— Не надо, Глинку!
И, не смея подумать, что Кавос, умирая, отрекается от всего созданного им, «синьор Калиныч» уже с упрямством исполнял его лучшие арии, не замечая, что плачет и в волнении слишком бьет по клавишам. Только доиграв «Провожальную» — кантату в честь уходящих в поход русских полков, — слуга покорился и мягкими движениями пальцев взял первые аккорды глинковского «Разуверения», звучавшего сейчас как реквием.

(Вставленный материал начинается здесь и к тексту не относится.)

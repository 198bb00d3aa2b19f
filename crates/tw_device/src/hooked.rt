//! Reads a line from a device with a hook.

ghost use Rattle.std.specs.Prelude.{◌≡◌, true, IfOk, OnOk};
ghost use Rattle.tw_input.specs.EventView.{event_view};
ghost use Rattle.tw_lineedit.specs.Frame.{across, frame};
ghost use Rattle.tw_lineedit.specs.Lent.{KeepsTerminal};
ghost use Rattle.tw_lineedit.specs.Outcomes.{is_open};
ghost use Rattle.tw_device.specs.Hooked.{answer_for, EndsBy, FeedsAs, IsReadHooked, ShowsHandled, TakesLine, TakesOn, TakesOver};
ghost use Rattle.tw_device.specs.Live.{fresh_frame};
ghost use Rattle.tw_device.specs.Steps.{seen_at, Goes, GoesInTime, IsPrompt};

use crate::device::Device;
use crate::hook::Hook;
use crate::reading::{Answer, ask, begin, finish};
use std::alloc::Global;
use tw_input::InputEvent;
use tw_lineedit::{Error, LineEditor, LineEditorHost, LineStatus};
use tw_terminal::{Terminal, TerminalFault};

/// What ended a line.
#[derive(Debug, Clone, Copy, PartialEq, Eq)]
enum End {
    /// An event accepted or cancelled it.
    Line,
    /// There are no more events.
    Source,
    /// An event asked for the end of the input.
    Input,
}

/// Lets the hook prepare the host for an event.
fn before<T: Terminal, H: LineEditorHost, K: Hook<H>>(
    editor: &mut LineEditor<'_, T>,
    host: &mut H,
    hook: &mut K,
    event: &InputEvent,
) -> Result<(), Error>
    ensures same { editor.new ≡ editor.old }
    ensures changes { K.rules.changes host.old host.new }
    ensures ok { OnOk result
        (K.rules.is_asked editor.old.session.state.cut (event_view event.now) host.new) }
{
    let (line, cursor) = editor.get_line_and_cursor();
    hook.before(host, line, cursor, event)
}

/// Lets the hook prepare the host for the painting of the line.
fn prepare<T: Terminal, H: LineEditorHost, K: Hook<H>>(
    editor: &mut LineEditor<'_, T>,
    host: &mut H,
    hook: &mut K,
) -> Result<(), Error>
    ensures same { editor.new ≡ editor.old }
    ensures changes { K.rules.changes host.old host.new }
    ensures ok { OnOk result (K.rules.is_prepared editor.old.session.state.cut host.new) }
{
    let (line, cursor) = editor.get_line_and_cursor();
    hook.prepare(host, line, cursor)
}

/// Paints an open line, once its host is prepared, below what the hook prints.
fn show<T: Terminal, H: LineEditorHost, K: Hook<H>>(
    editor: &mut LineEditor<'_, T>,
    host: &mut H,
    hook: &mut K,
) -> Result<(), Error>
    requires { is_open editor.old.session.state.mode ≡ true }
    ensures terminal { KeepsTerminal T.follows editor.old.terminal editor.new.terminal }
    ensures ok { OnOk result (across T.state H.value
        (ShowsHandled H.rules H.value K.rules true) editor.old host.old editor.new host.new) }
{
    prepare(editor, host, hook)?;
    let text = hook.above()?;
    let lines = text.as_str();
    if lines.is_empty() {
        return editor.paint_line(host);
    }
    editor.print_above(host, lines)?;
    Ok(())
}

/// Feeds an open line an event. Returns what ended it, if anything did.
fn feed<T: Terminal, H: LineEditorHost, K: Hook<H>>(
    editor: &mut LineEditor<'_, T>,
    host: &mut H,
    hook: &mut K,
    event: &InputEvent,
) -> Result<Option<End>, Error>
    requires { is_open editor.old.session.state.mode ≡ true }
    ensures terminal { KeepsTerminal T.follows editor.old.terminal editor.new.terminal }
    ensures ok { IfOk result (λ stop. across T.state H.value
        (FeedsAs H.rules H.OVERRIDES H.value K.rules (event_view event.now) stop)
        editor.old host.old editor.new host.new) }
{
    before(editor, host, hook, event)?;
    match editor.handle_event(host, event) {
        Ok(LineStatus::Open) => {
            show(editor, host, hook)?;
            Ok(None)
        }
        Ok(LineStatus::Ended) => {
            editor.paint_line(host)?;
            Ok(Some(End::Line))
        }
        Err(Error::EndOfFile) => Ok(Some(End::Input)),
        Err(refused) => Err(refused),
    }
}

/// Feeds an open line what the device tells, up to its end or the last event. Returns what ended it.
fn take_events<D: Device, H: LineEditorHost, K: Hook<H>>(
    editor: &mut LineEditor<'_, D>,
    host: &mut H,
    hook: &mut K,
) -> Result<End, Error>
    requires { is_open editor.old.session.state.mode ≡ true }
    ensures same_reference { editor.new.terminal.ghost_name ≡ editor.old.terminal.ghost_name }
    ensures ok { let before = frame D.state H.value editor.old host.old in
        let after = frame D.state H.value editor.new host.new in
        IfOk result (λ stop. EndsBy H.rules H.OVERRIDES H.value K.rules stop
        (seen_at D.state D.log editor.old.terminal.now)
        (seen_at D.state D.log editor.new.terminal.now) before after) }
    ensures goes { let before = frame D.state H.value editor.old host.old in
        Goes D.state D.log D.law (TakesOn H.rules H.value K.rules before)
        editor.old.terminal.now editor.new.terminal.now }
{
    for _ in 0..u64::MAX {
        let Some(event) = ask(editor)? else {
            return Ok(End::Source);
        };
        if let Some(stop) = feed(editor, host, hook, &event)? {
            return Ok(stop);
        }
    }
    Err(Error::Terminal(TerminalFault::Device))
}

/// Returns what a line answers, by what ended it.
fn answer_of(stop: End, line: Option<String>) -> Answer
    ensures { result ≡ answer_for stop line }
{
    match (stop, line) {
        (_, None) => Answer::Cancelled,
        (End::Source, Some(line)) => Answer::End(line),
        (_, Some(line)) => Answer::Line(line),
    }
}

/// Takes the events of a painted line, and closes it. Returns what it answers.
fn read_begun<D: Device, H: LineEditorHost, K: Hook<H>>(
    alloc: Global,
    editor: &mut LineEditor<'_, D>,
    host: &mut H,
    hook: &mut K,
) -> Result<Answer, Error>
    requires { is_open editor.old.session.state.mode ≡ true }
    ensures same_reference { editor.new.terminal.ghost_name ≡ editor.old.terminal.ghost_name }
    ensures ok { let before = frame D.state H.value editor.old host.old in
        let after = frame D.state H.value editor.new host.new in
        IfOk result (TakesLine H.rules H.OVERRIDES H.value K.rules
        (seen_at D.state D.log editor.old.terminal.now)
        (seen_at D.state D.log editor.new.terminal.now) before after) }
    ensures goes { let before = frame D.state H.value editor.old host.old in
        Goes D.state D.log D.law (TakesOn H.rules H.value K.rules before)
        editor.old.terminal.now editor.new.terminal.now }
{
    match take_events(editor, host, hook) {
        Ok(End::Input) => Ok(Answer::End(String::new(alloc))),
        Ok(End::Line) => Ok(answer_of(End::Line, finish(editor)?)),
        Ok(End::Source) => Ok(answer_of(End::Source, finish(editor)?)),
        Err(refused) => {
            let _closed = finish(editor);
            Err(refused)
        }
    }
}

/// Begins a line with a new editor, takes its events, and closes it.
fn read_prepared<D: Device, H: LineEditorHost, K: Hook<H>>(
    alloc: Global,
    device: &mut D,
    host: &mut H,
    hook: &mut K,
    prompt: &str,
) -> Result<Answer, Error>
    ensures ok { let begun = fresh_frame prompt.now (H.value host.old) (D.state device.old) in
        IfOk result (IsReadHooked H.rules H.OVERRIDES H.value K.rules
        (seen_at D.state D.log device.old) (seen_at D.state D.log device.new) begun
        (H.value host.new)) }
    ensures goes { let begun = fresh_frame prompt.now (H.value host.old) (D.state device.old) in
        Goes D.state D.log D.law (TakesOver H.rules H.value K.rules begun)
        device.old device.new }
{
    let mut editor = LineEditor::new(alloc, device)?;
    editor.set_prompt(prompt)?;
    prepare(&mut editor, host, hook)?;
    begin(&mut editor, host)?;
    read_begun(alloc, &mut editor, host, hook)
}

/// Reads a line with a new editor from a device, as `read_line_from` does, and lets a hook prepare the host: before each
/// event, and before each painting of the line while it takes events. The answer, the batches, the screen's size and the
/// host's value are those of the abstract editor's steps over exactly the events that the device told, with the values
/// that the hook left (`ok`). The device tells each event when it has taken all batches of the steps before it (`log`).
/// At each waiting all that was taken is sent (`prompt`), and what else the device did follows its own law (`law`).
///
/// If a function of the hook, the device, the terminal or memory refuses, the line is closed on the screen, and what was
/// typed of it is lost.
pub fn read_line_with<D: Device, H: LineEditorHost, K: Hook<H>>(
    alloc: Global,
    device: &mut D,
    host: &mut H,
    hook: &mut K,
    prompt: &str,
) -> Result<Answer, Error>
    ensures ok { let begun = fresh_frame prompt.now (H.value host.old) (D.state device.old) in
        IfOk result (IsReadHooked H.rules H.OVERRIDES H.value K.rules
        (seen_at D.state D.log device.old) (seen_at D.state D.log device.new) begun
        (H.value host.new)) }
    ensures log { let begun = fresh_frame prompt.now (H.value host.old) (D.state device.old) in
        GoesInTime (TakesOver H.rules H.value K.rules begun) (seen_at D.state D.log device.old)
        (seen_at D.state D.log device.new) }
    ensures prompt { IsPrompt (seen_at D.state D.log device.old)
        → IsPrompt (seen_at D.state D.log device.new) }
    ensures law { D.law device.old device.new }
{
    read_prepared(alloc, device, host, hook, prompt)
}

И в эту минуту в дверях появился Михаил Иванович, порозовевший от утренних заморозков, от быстрой скачки на тройке, стремительный и испуганный.
— Здравствуйте, господа, — тихо сказал он, поклонившись и спрашивая взглядом о Кавосе…
Доктор Берг, словно оглушенный музыкой и нескончаемой этой бессонной иочыо, вяло нагнулся над Кавосом и тронул его руку, привычно нащупывая пульс. Рука была холодна, а края плотно смеженных век как-то быстро, судорожно дрожали.
— Отходит! — с профессиональным спокойствием прошептал доктор.
И, подпуская ближе сыновей, а с ними и слугу, сказал Глинке со свидетельской и холодной важностью:
— Он мысленно был с вами… Да, господин Глинка, он посылал за вами и, слушая музыку, только что думал о вас! Я утверждаю!
Духовник держал поникшую руку композитора и с укором глядел па Берга, не успевшего предупредить о последних минутах композитора.
Отпевали Кавоса в католической церкви св. Екатерины. Столичные хоры исполняли реквием Керубини, и среди них пел хор императорской капеллы, уже в присутствии нового капельмейстера. Хоронили на Волковой кладбище. Был конец апреля. Глинка, шагая за гробом позади слуги, в пестрой толпе актеров и почитателей Кавоса, видел себя в чем-то виноватым перед Кавосом и вместе с тем благодарным ему еще с юношеских лет.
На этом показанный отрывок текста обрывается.